The recent correction in oil prices has reduced acreage costs. Similar to how the real estate correction brought down valuations on high-quality buildings, the recent drop in commodity prices has significantly reduced purchase prices of properties as active drill rigs plummeted reducing demand for acreage. Now may be an opportunity for investors to acquire quality properties at significantly reduced prices.
The United States is one of the few countries where individuals and private entities can own the royalty and mineral rights; in most other countries they are owned by the government. As most of the rights are in the hands of individual landowners, when the property owner wants to explore for oil and gas on their land they enter into a lease with an oil and gas company, such as Exxon.
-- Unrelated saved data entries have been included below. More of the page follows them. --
//! What a checker is fed, and what it answers.

use hv_lines::Reason;

/// A line of a proof, as it is fed to a checker.
#[derive(Clone, Copy)]
pub enum Piece<'b> {
    /// The bytes of the line without its LF.
    Line(&'b [u8]),
    /// A line with more bytes than a line may have, or whose last byte lies past what a file may
    /// have.
    Long,
}

/// What a checker says of a piece.
#[derive(Drop, PartialEq, Eq)]
pub enum Fed {
    /// An empty line or a comment.
    Skipped,
    /// The first line of a closed proof, `helve 2`, or its last one, `end`.
    Marked,
    /// The line is good, and was accepted.
    Good,
    /// The line isn't good, for this reason. Every later piece is answered by `Stopped`.
    Refused(Reason),
    /// An earlier piece was refused or ran out of memory; nothing was done.
    Stopped,
}

/// What a checker says of all pieces.
#[derive(Clone, Copy, Debug, PartialEq, Eq)]
pub enum End {
    /// Every line is good, and one says that the task is unsolvable.
    Unsolvable,
    /// The piece with this number, counted from 1, is the first that isn't good; `Checker::reason`
    /// says why. Where a closed proof has no line `end`, it is the one behind the last piece.
    Refused(u64),
    /// Every line is good, and none says that the task is unsolvable.
    NoConclusion,
    /// A piece ran out of memory.
    Memory,
}
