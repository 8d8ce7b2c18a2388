//! Laws of judging, as contracts of functions that do nothing.
//!
//! A judgement is determined but for the state of a counterexample: any counterexample of the query
//! that decides may be given. Soundness doesn't depend on the node file: with a yes no list of
//! actions is a plan, whatever the nodes are; that every accepted line is true is said of the nodes
//! that the file lists.

ghost use Rattle.std.specs.Prelude.{◌≡◌, ◌↔◌, ◌++◌, ◌∷◌, [], List, Some};
ghost use Rattle.std.specs.List.{All};
ghost use Rattle.hv_lines.specs.Judged.{IsPassedOver, Judged, JudgedInOrder, Judgement, LineText};
ghost use Rattle.hv_lines.specs.Judged.{outline_of};
ghost use Rattle.hv_lines.specs.Setting.{Setting};
ghost use Rattle.hv_lines.specs.Versions.{first_mark, last_mark, part_of};
ghost use Rattle.hv_lines.specs.declared.line.Line.{Line};
ghost use Rattle.hv_lines.specs.declared.part.Part.TheVariants as P;
ghost use Rattle.hv_lines.specs.declared.reason.Reason.TheVariants as R;
ghost use Rattle.hv_checker.specs.PieceVerdicts.{IsFeedAnswer};
ghost use Rattle.hv_checker.specs.Versions.{IsFedBehind, JudgedUpTo, NoneEnds, proof_version};
ghost use Rattle.hv_checker.specs.Versions.{reason_behind};
ghost use Rattle.hv_checker.specs.declared.piece.Fed.{Fed};

/// Does nothing: its contract states that a list of pieces is judged in one way. Where two
/// judgements hold of it, they are one, but for the state of a counterexample: the place of the
/// refused piece, the reason, and the action of a counterexample are determined, and no list is
/// judged in two of the three ways.
pub fn one_judgement()
    ensures { (setting : Setting) (pieces : List LineText) (a b : Judgement)
        → Judged setting pieces a
        → Judged setting pieces b → outline_of a ≡ outline_of b }
{}

/// Does nothing: its contract states how a proof is judged by its version.
///
/// It has version 2 exactly where its line 1 is `helve 2`. A proof of version 1 is judged line by
/// line. In version 2 line 1 and the first line `end` are passed over, as empty lines are, and the
/// lines between them are judged line by line. A line behind `end` that isn't skipped is refused,
/// as too long or as no line of a proof. Where no line is `end`, what would come behind the last
/// line is refused, as no line of a proof. In both cases an earlier line that isn't good is refused
/// in its place.
pub fn two_versions()
    ensures version { (pieces : List LineText) → (proof_version (part_of pieces) ≡ 2)
        ↔ ((rest : List LineText) × (pieces ≡ Some first_mark ∷ rest)) }
    ensures first { (setting : Setting) (pieces : List LineText) (judgement : Judgement)
        → proof_version (part_of pieces) ≡ 1
        → Judged setting pieces judgement ↔ JudgedInOrder setting pieces judgement }
    ensures second { (setting : Setting) (body quiet : List LineText) (judgement : Judgement)
        → NoneEnds body → All IsPassedOver quiet
        → Judged setting (Some first_mark ∷ body ++ Some last_mark ∷ quiet) judgement
        ↔ JudgedInOrder setting (Some [] ∷ body) judgement }
    ensures behind { (setting : Setting) (body quiet rest : List LineText) (bad : LineText)
        (judgement : Judgement)
        → NoneEnds body → All IsPassedOver quiet → (IsPassedOver bad → ⊥)
        → Judged setting (Some first_mark ∷ body ++ Some last_mark ∷ quiet ++ bad ∷ rest) judgement
        ↔ JudgedUpTo setting (Some [] ∷ body ++ Some [] ∷ quiet) (reason_behind bad) judgement }
    ensures unended { (setting : Setting) (body : List LineText) (judgement : Judgement)
        → NoneEnds body
        → Judged setting (Some first_mark ∷ body) judgement
        ↔ JudgedUpTo setting (Some [] ∷ body) R.Grammar judgement }
{}

/// Does nothing: its contract states what `Checker::feed` says of one piece behind the line `end`
/// of a closed proof, whatever the lines before it are.
///
/// An empty line or a comment is skipped. Any other piece is refused, as too long or as no line of
/// a proof, and for no other reason. The accepted lines stay as they are.
pub fn one_piece_behind()
    ensures { (setting : Setting) (old new : List Line) (piece : LineText) (fed : Fed)
        → IsFeedAnswer setting P.PastEnd old new piece fed ↔ (IsFedBehind piece fed × (new ≡ old)) }
{}
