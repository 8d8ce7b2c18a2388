//! The tests of a line that look at its form and its numbers alone.

ghost use Rattle.std.specs.Prelude.{◌≡◌, ◌<◌, ◌↔◌, length, IsTrue};
ghost use Rattle.std.specs.List.{All};
ghost use Rattle.hv_task.specs.State.{AreBelow};
ghost use Rattle.hv_lines.specs.Numbering.{ActsReferBelow, ExprRefersBelow, IsNumbered, RefersBack};
ghost use Rattle.hv_lines.specs.Numbering.{SpeaksBelow, acts_count, expr_count, known_count};
ghost use Rattle.hv_lines.specs.Good.{ActsAreWithin, ClausesAreBelow, ExprIsWithin, FamilyFits};
ghost use Rattle.hv_lines.specs.Good.{IsKnown, NamesWithin};

use hv_basic::is_of_its_family;
use hv_bdd::Diagrams;
use hv_lines::{Acts, Expr, Line, Statement, Table, Word};
use hv_sets::{Clauses, Literal, StateBuffer, StateList};
use hv_task::Task;

/// Whether the line's identifier is the number of earlier lines of its letter.
pub(crate) fn is_numbered(table: &Table, line: &Line) -> bool
    ensures { IsTrue result ↔ IsNumbered table.now.lines line.now }
{
    match line {
        Line::Acts { id, .. } => *id == table.acts_count(),
        Line::Expr { id, .. } => *id == table.expr_count(),
        Line::Known { id, .. } => *id == table.known_count(),
    }
}

/// Whether all that the line refers to is there.
pub(crate) fn is_known(task: &Task, diagrams: &Diagrams, table: &Table, line: &Line) -> bool
    ensures { IsTrue result ↔ IsKnown task.now diagrams.now table.now.lines line.now }
{
    refers_back(table, line) && is_within(task, diagrams, line)
}

/// Whether the clauses of the line's formula are of its family.
pub(crate) fn family_fits(line: &Line) -> bool
    ensures { IsTrue result ↔ FamilyFits line.now }
{
    match line {
        Line::Expr { expr, .. } => is_of_its_family(expr),
        Line::Acts { .. } | Line::Known { .. } => true,
    }
}

fn refers_back(table: &Table, line: &Line) -> bool
    ensures { IsTrue result ↔ RefersBack table.now.lines line.now }
{
    match line {
        Line::Acts { acts, .. } => acts_refer_below(table.acts_count(), acts),
        Line::Expr { expr, .. } => {
            expr_refers_below(table.acts_count(), table.expr_count(), expr)
        }
        Line::Known {
            statement,
            premises,
            ..
        } => {
            speaks_below(table.acts_count(), table.expr_count(), *statement)
                && are_ids_below(table.known_count(), premises.as_slice())
        }
    }
}

fn acts_refer_below(count: usize, acts: &Acts) -> bool
    ensures { IsTrue result ↔ ActsReferBelow count acts.now }
{
    match acts {
        Acts::All | Acts::List(_) => true,
        Acts::Both(left, right) => *left < count && *right < count,
    }
}

fn expr_refers_below(acts: usize, exprs: usize, expr: &Expr) -> bool
    ensures { IsTrue result ↔ ExprRefersBelow acts exprs expr.now }
{
    match expr {
        Expr::Constant(_)
        | Expr::Horn(_)
        | Expr::Dual(_)
        | Expr::Two(_)
        | Expr::States(_)
        | Expr::Node(_) => true,
        Expr::Not(set) => *set < exprs,
        Expr::And(left, right) | Expr::Or(left, right) => *left < exprs && *right < exprs,
        Expr::After(set, by) | Expr::Before(set, by) => *set < exprs && *by < acts,
    }
}

fn speaks_below(acts: usize, exprs: usize, statement: Statement) -> bool
    ensures { IsTrue result ↔ SpeaksBelow acts exprs statement }
{
    match statement {
        Statement::Sub(left, right) => left < exprs && right < exprs,
        Statement::ActSub(left, right) => left < acts && right < acts,
        Statement::Dead(set) => set < exprs,
        Statement::Unsolvable => true,
    }
}

fn are_ids_below(count: usize, ids: &[usize]) -> bool
    ensures { IsTrue result ↔ AreBelow count ids.now }
{
    ids.iter().all(|id| *id < count)
}

fn are_below(count: u32, numbers: &[u32]) -> bool
    ensures { IsTrue result ↔ AreBelow count numbers.now }
{
    numbers.iter().all(|number| *number < count)
}

fn is_within(task: &Task, diagrams: &Diagrams, line: &Line) -> bool
    ensures { IsTrue result ↔ NamesWithin task.now diagrams.now line.now }
{
    match line {
        Line::Acts { acts, .. } => acts_are_within(task, acts),
        Line::Expr { expr, .. } => expr_is_within(task, diagrams, expr),
        Line::Known { .. } => true,
    }
}

fn acts_are_within(task: &Task, acts: &Acts) -> bool
    ensures { IsTrue result ↔ ActsAreWithin task.now acts.now }
{
    match acts {
        Acts::All | Acts::Both(_, _) => true,
        Acts::List(actions) => are_below(task.actions(), actions.as_slice()),
    }
}

fn expr_is_within(task: &Task, diagrams: &Diagrams, expr: &Expr) -> bool
    ensures { IsTrue result ↔ ExprIsWithin task.now diagrams.now expr.now }
{
    match expr {
        Expr::Horn(clauses) | Expr::Dual(clauses) | Expr::Two(clauses) => {
            clauses_are_below(task.atoms(), clauses)
        }
        Expr::States(states) => states_are_below(task.atoms(), states),
        Expr::Node(node) => (*node as usize) < diagrams.count(),
        Expr::Constant(_) | Expr::Not(_) => true,
        Expr::And(..) | Expr::Or(..) | Expr::After(..) | Expr::Before(..) => true,
    }
}

fn clauses_are_below(count: u32, clauses: &Clauses) -> bool
    ensures { IsTrue result ↔ ClausesAreBelow count clauses.now }
{
    for place in 0..clauses.len() {
        if !clause_is_below(count, clauses.get(place)) {
            return false;
        }
    }
    true
}

fn clause_is_below(count: u32, clause: &[Literal]) -> bool
    ensures { IsTrue result ↔ All (λ l. l.atom < count) clause.now }
{
    clause.iter().all(|literal| literal.atom < count)
}

fn states_are_below(count: u32, states: &StateList) -> bool
    ensures { IsTrue result ↔ All (AreBelow count) states.now }
{
    let mut buffer = StateBuffer::new();
    for place in 0..states.len() {
        if !are_below(count, states.get(place).slice(&mut buffer)) {
            return false;
        }
    }
    true
}
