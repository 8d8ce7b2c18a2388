//! The checker: what it has accepted, and what it was fed.
//!
//! For a line it reserves in the table, adds to the store, and pushes, so running out of memory
//! leaves the table and the store with the same lines. `feed` gives the reason of a refused piece,
//! and `Checker::reason` lends it.

ghost use Rattle.std.specs.Prelude.{◌≡◌, ◌≢◌, ◌<◌, ◌≤◌, ◌+◌, ◌^◌, ◌↔◌, ℕ, List, [], ◌∷◌, ◌++◌};
ghost use Rattle.std.specs.Prelude.{IfOk, OnOk, OnErr, IsTrue, option_copied, option_map};
ghost use Rattle.hv_task.specs.Plan.{IsUnsolvable};
ghost use Rattle.hv_task.specs.Strips.{atoms};
ghost use Rattle.hv_lines.specs.Meaning.{AllTrue, AreTrue};
ghost use Rattle.hv_lines.specs.Good.{AreGood};
ghost use Rattle.hv_lines.specs.Judged.{Concludes, LineText};
ghost use Rattle.hv_lines.specs.Setting.{most_budget, setting_of};
ghost use Rattle.hv_lines.specs.Versions.{part_after};
ghost use Rattle.hv_lines.specs.declared.part.Part.TheVariants as P;
ghost use Rattle.hv_checker.specs.Stopping.{stop_after};
ghost use Rattle.hv_checker.specs.declared.stop.Stop.TheVariants as S;

use crate::marks::{is_mark, judged_as, part_after};
use crate::piece::{End, Fed, Piece};
use crate::piece_judge::Judge;
use crate::stop::Stop;
use hv_bdd::Diagrams;
use hv_lines::{Part, Reason, Statement, Table};
use hv_proof_text::LineReader;
use hv_task::Task;
use std::alloc::{AllocError, Global};
use std::marker::Model;

/// Judges the lines of a proof one after another, for a task, the nodes of a node file and a
/// budget. It keeps the accepted lines, the number of pieces that it was fed, the version of the
/// proof and whether its line `end` was passed, and the refusal that it met, or that memory ran
/// out.
#[derive(Drop)]
pub struct Checker<'a> {
    judging: Judge<'a>,
    reader: LineReader,
    fed: u64,
    part: Part,
    stop: Stop,
    // Why a closed proof without its line `end` is refused: `reason` lends it.
    missing_end: Reason,
}

impl<'a> Model for Checker<'a> {
    ghost use Rattle.std.specs.Prelude.{◌≡◌, ◌≤◌, ◌^◌};
    ghost use Rattle.hv_lines.specs.declared.reason.Reason.TheVariants as R;
    ghost use Rattle.hv_checker.specs.Checkers.{CheckerState};

    ghost Value = { CheckerState };

    ghost view = { λ c. record {
      setting = c.judging.setting;
      lines = c.judging.lines;
      fed = c.fed;
      part = c.part;
      stop = c.stop;
    } };

    ghost invariant = { λ c. (c.fed ≤ 2 ^ 62) × (c.missing_end ≡ R.Grammar) };
}

impl<'a> Checker<'a> {
    ghost use Rattle.hv_checker.specs.PieceVerdicts.{IsFeedAnswer};
    ghost use Rattle.hv_checker.specs.Checkers.{SaysEnd, SaysAtEnd, HasJudged, refusal_of};
    ghost use Rattle.hv_checker.specs.Texts.{text_of};

    /// A checker that was fed nothing. The diagrams are over the atoms of the task. The budget
    /// bounds the cost of each query of a basic statement; it is from 1 to 16,777,216.
    pub fn new(
        alloc: Global,
        task: &'a Task,
        diagrams: &'a Diagrams,
        budget: u64,
    ) -> Result<Checker<'a>, AllocError>
        requires over { diagrams.now.atoms ≡ atoms task.now }
        requires some { 0 < budget }
        requires small { budget ≤ most_budget }
        ensures setting { IfOk result (λ c. c.setting ≡ setting_of task.now diagrams.now budget) }
        ensures lines { IfOk result (λ c. c.lines ≡ []) }
        ensures fed { IfOk result (λ c. c.fed ≡ 0) }
        ensures part { IfOk result (λ c. c.part ≡ P.AtStart) }
        ensures stop { IfOk result (λ c. c.stop ≡ S.Going) }
        ensures stands { IfOk result (λ c. HasJudged c []) }
    {
        Ok(Checker {
            judging: Judge::new(alloc, task, diagrams, budget)?,
            reader: LineReader::new(alloc),
            fed: 0,
            part: Part::AtStart,
            stop: Stop::Going,
            missing_end: Reason::Grammar,
        })
    }

    /// How many pieces were fed, up to and including the first that was refused or met want of
    /// memory.
    pub fn fed(&self) -> u64
        ensures { result ≡ self.now.fed }
    {
        self.fed
    }

    /// Judges one more piece. The marks of a closed proof are its line 1 `helve 2` and its first
    /// line `end` behind that; behind this one only empty lines and comments may come. After a
    /// refusal and after running out of memory the accepted lines are as before the call, and every
    /// later piece is answered by `Stopped`.
    pub fn feed(&mut self, piece: Piece<'_>) -> Result<Fed, AllocError>
        requires { self.old.fed < 2 ^ 62 }
        ensures same { self.new.setting ≡ self.old.setting }
        ensures answers { self.old.stop ≡ S.Going → IfOk result (λ fed.
            IsFeedAnswer self.old.setting self.old.part self.old.lines self.new.lines
            (text_of piece.entry) fed) }
        ensures part { self.old.stop ≡ S.Going
            → self.new.part ≡ part_after self.old.part (text_of piece.entry) }
        ensures stop { IfOk result (λ fed. self.new.stop ≡ stop_after self.old.stop fed) }
        ensures stopped { self.old.stop ≢ S.Going → (result ≡ Ok Fed.Stopped)
            × (self.new ≡ self.old) }
        ensures counted { self.old.stop ≡ S.Going → self.new.fed ≡ self.old.fed + 1 }
        ensures few { self.new.fed ≤ self.old.fed + 1 }
        ensures memory { OnErr result (self.new.stop ≡ S.Memory) }
        ensures lines { OnErr result (self.new.lines ≡ self.old.lines) }
        ensures stands { OnOk result ((pieces : List LineText) → HasJudged self.old pieces
            → HasJudged self.new (pieces ++ text_of piece.entry ∷ [])) }
    {
        if !is_going(&self.stop) {
            return Ok(Fed::Stopped);
        }
        self.fed += 1;
        let part = self.part;
        self.part = part_after(part, piece);
        if is_mark(part, piece) {
            return Ok(Fed::Marked);
        }
        match self
            .judging
            .accept(&mut self.reader, &mut self.stop, judged_as(part, piece))
        {
            Ok(fed) => Ok(fed),
            Err(error) => {
                self.stop = Stop::Memory;
                Err(error)
            }
        }
    }

    /// What is said of the pieces fed so far as a whole proof. While a closed proof has no line
    /// `end` and nothing was refused, it is refused at the next piece, as no line of a proof.
    pub fn end(&self) -> End
        ensures judged { (pieces : List LineText) → HasJudged self.now pieces
            → SaysEnd self.now pieces result }
        ensures says { SaysAtEnd self.now result }
        ensures sound { result ≡ End.Unsolvable → IsUnsolvable self.now.setting.task }
    {
        match &self.stop {
            Stop::Refused(_) => End::Refused(self.fed),
            Stop::Memory => End::Memory,
            Stop::Going => {
                if is_before_end(self.part) {
                    End::Refused(self.fed + 1)
                } else if concludes(self.judging.table()) {
                    End::Unsolvable
                } else {
                    End::NoConclusion
                }
            }
        }
    }

    /// Why a piece was refused, where one was, or why the pieces fed so far are as a whole proof.
    pub fn reason(&self) -> Option<&Reason>
        ensures { option_copied result ≡ option_map (λ r. r.reason) (refusal_of self.now) }
    {
        match &self.stop {
            Stop::Refused(reason) => Some(reason),
            Stop::Going if is_before_end(self.part) => Some(&self.missing_end),
            Stop::Going | Stop::Memory => None,
        }
    }

    /// The accepted lines. Each statement that they claim is true.
    pub fn table(&self) -> &Table
        ensures lines { result.now.lines ≡ self.now.lines }
        ensures good { AreGood self.now.setting self.now.lines }
        ensures sound { AllTrue self.now.setting.task self.now.setting.nodes self.now.lines }
        ensures each { AreTrue self.now.setting.task self.now.setting.nodes self.now.lines }
    {
        self.judging.table()
    }
}

fn is_going(stop: &Stop) -> bool
    ensures { IsTrue result ↔ (stop.now ≡ S.Going) }
{
    match stop {
        Stop::Going => true,
        Stop::Refused(_) | Stop::Memory => false,
    }
}

/// Whether a closed proof is read, but not its line `end`.
fn is_before_end(part: Part) -> bool
    ensures { IsTrue result ↔ (part ≡ P.BeforeEnd) }
{
    match part {
        Part::BeforeEnd => true,
        Part::AtStart | Part::Open | Part::PastEnd => false,
    }
}

/// Whether some line says that the task is unsolvable.
fn concludes(table: &Table) -> bool
    ensures { IsTrue result ↔ Concludes table.now.lines }
{
    for premise in 0..table.known_count() {
        if let Statement::Unsolvable = table.statement(premise) {
            return true;
        }
    }
    false
}
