//! The two marks of a closed proof, its first and its last line, and how its pieces are judged.

ghost use Rattle.std.specs.Prelude.{◌≡◌, false};
ghost use Rattle.hv_lines.specs.Versions.{is_mark, judged_as, line_behind, part_after};
ghost use Rattle.hv_checker.specs.Texts.{text_of};

use crate::piece::Piece;
use hv_lines::Part;

/// Whether the piece is a mark at its place: where a proof is read so far.
pub(crate) fn is_mark(part: Part, piece: Piece<'_>) -> bool
    ensures { result ≡ is_mark part (text_of piece.entry) }
{
    match piece {
        Piece::Line(bytes) => match part {
            Part::AtStart => bytes == b"helve 2".as_slice(),
            Part::BeforeEnd => bytes == b"end".as_slice(),
            Part::Open | Part::PastEnd => false,
        },
        Piece::Long => false,
    }
}

/// How far a proof is read after one more piece.
pub(crate) fn part_after(part: Part, piece: Piece<'_>) -> Part
    ensures { result ≡ part_after part (text_of piece.entry) }
{
    let marked = is_mark(part, piece);
    match part {
        Part::AtStart => { if marked { Part::BeforeEnd } else { Part::Open } }
        Part::BeforeEnd => {
            if marked {
                Part::PastEnd
            } else {
                Part::BeforeEnd
            }
        }
        Part::Open | Part::PastEnd => part,
    }
}

/// A piece that is no mark, as it is judged: behind the end each line is none of the proof, but for
/// an empty one and a comment.
pub(crate) fn judged_as<'b>(part: Part, piece: Piece<'b>) -> Piece<'b>
    requires { is_mark part (text_of piece) ≡ false }
    ensures { text_of result ≡ judged_as part (text_of piece.entry) }
{
    match part {
        Part::PastEnd => match piece {
            Piece::Line(bytes) => Piece::Line(line_behind(bytes)),
            Piece::Long => Piece::Long,
        },
        Part::AtStart | Part::Open | Part::BeforeEnd => piece,
    }
}

/// A line behind the end, as it is judged.
fn line_behind(bytes: &[u8]) -> &[u8]
    ensures { result.now ≡ line_behind bytes.now }
{
    match bytes {
        [] | [b'#', ..] => bytes,
        _ => b"end",
    }
}
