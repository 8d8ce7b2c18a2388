//! Verdicts of statements whose right sides grow.

ghost use Rattle.std.specs.Prelude.{◌≡◌, ◌<◌, ◌≤◌, ℕ, Bool, true, false, List, [], ◌∷◌, IfOk, Some};
ghost use Rattle.std.specs.Prelude.{IfErr, IfSome, OnOk, length};
ghost use Rattle.hv_lines.specs.Numbering.{IsTable, SpeaksBelow, acts_count, expr_count};
ghost use Rattle.hv_lines.specs.Shapes.{AskingsRise, HasShape, IsQuestion, asks_sides_after};
ghost use Rattle.hv_lines.specs.Shapes.{QuestionState as AskedQuestion};
ghost use Rattle.hv_lines.specs.Verdicts.{IsVerdict, IsVerdictOfSets};
ghost use Rattle.std.specs.List.{All, Contains};
ghost use Rattle.hv_basic.specs.Deciding.{IsQuestionOver};
ghost use Rattle.hv_basic.specs.Faults.{IsShapeFault};
ghost use Rattle.hv_basic.specs.Cases.{lines_in, setting_in};
ghost use Rattle.hv_basic.specs.Sharing.{AreNegations, AreWays, IsKeptFor};
ghost use Rattle.hv_basic.specs.Sharing.{IsRightSide, IsShared, clauses_to_choose};
ghost use Rattle.hv_basic.specs.Working.Asked.{AreOperands};
ghost use Rattle.hv_basic.specs.Working.Gathered.{IsLeftRead};
ghost use Rattle.hv_lines.specs.declared.line.Line.{Line};
ghost use Rattle.hv_basic.specs.Working.Sharing.{AreAskedBeside, IsAloneWithin};
ghost use Rattle.hv_basic.specs.Working.Sharing.{AreNamed, IsAskedBy, IsVerdictOfSub};
ghost use Rattle.hv_basic.specs.Working.Sharing.{IsListWithinIts, IsWithinIts};
ghost use Rattle.hv_lines.specs.declared.line.Expr.TheVariants as E;
ghost use Rattle.hv_basic.specs.declared.signed_sets.Asking.{Asking};
ghost use Rattle.hv_basic.specs.Working.Views.{question_of};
This mutually beneficial arrangement, grants the oil and gas company the right to explore for any resources on the land, while providing the technical expertise and capital.
The landowner benefits as he shares in the revenues from the producing well through the royalty, without having to provide the capital and technical know-how to develop and maintain the wells.
Similar to how REIT investors earn income from rent-rolls and benefit from any increase in overall real estate values, royalty investors earn income “rents” from the oil and gas companies in the form of a pre-negotiated royalty rate.
The royalty rate, which typically average anywhere from 12.5% – 25% of gross revenues, provides the property owner with monthly-cash flow (which we distribute quarterly) based on production volumes and commodity prices. This is passive income and the investor is not responsible for funding the drilling or maintenance of the wells.
Additionally, the royalty investor will participate in any increase in commodity prices through higher-monthly checks and, potentially, an overall increase in the value of the portfolio and underlying acreage.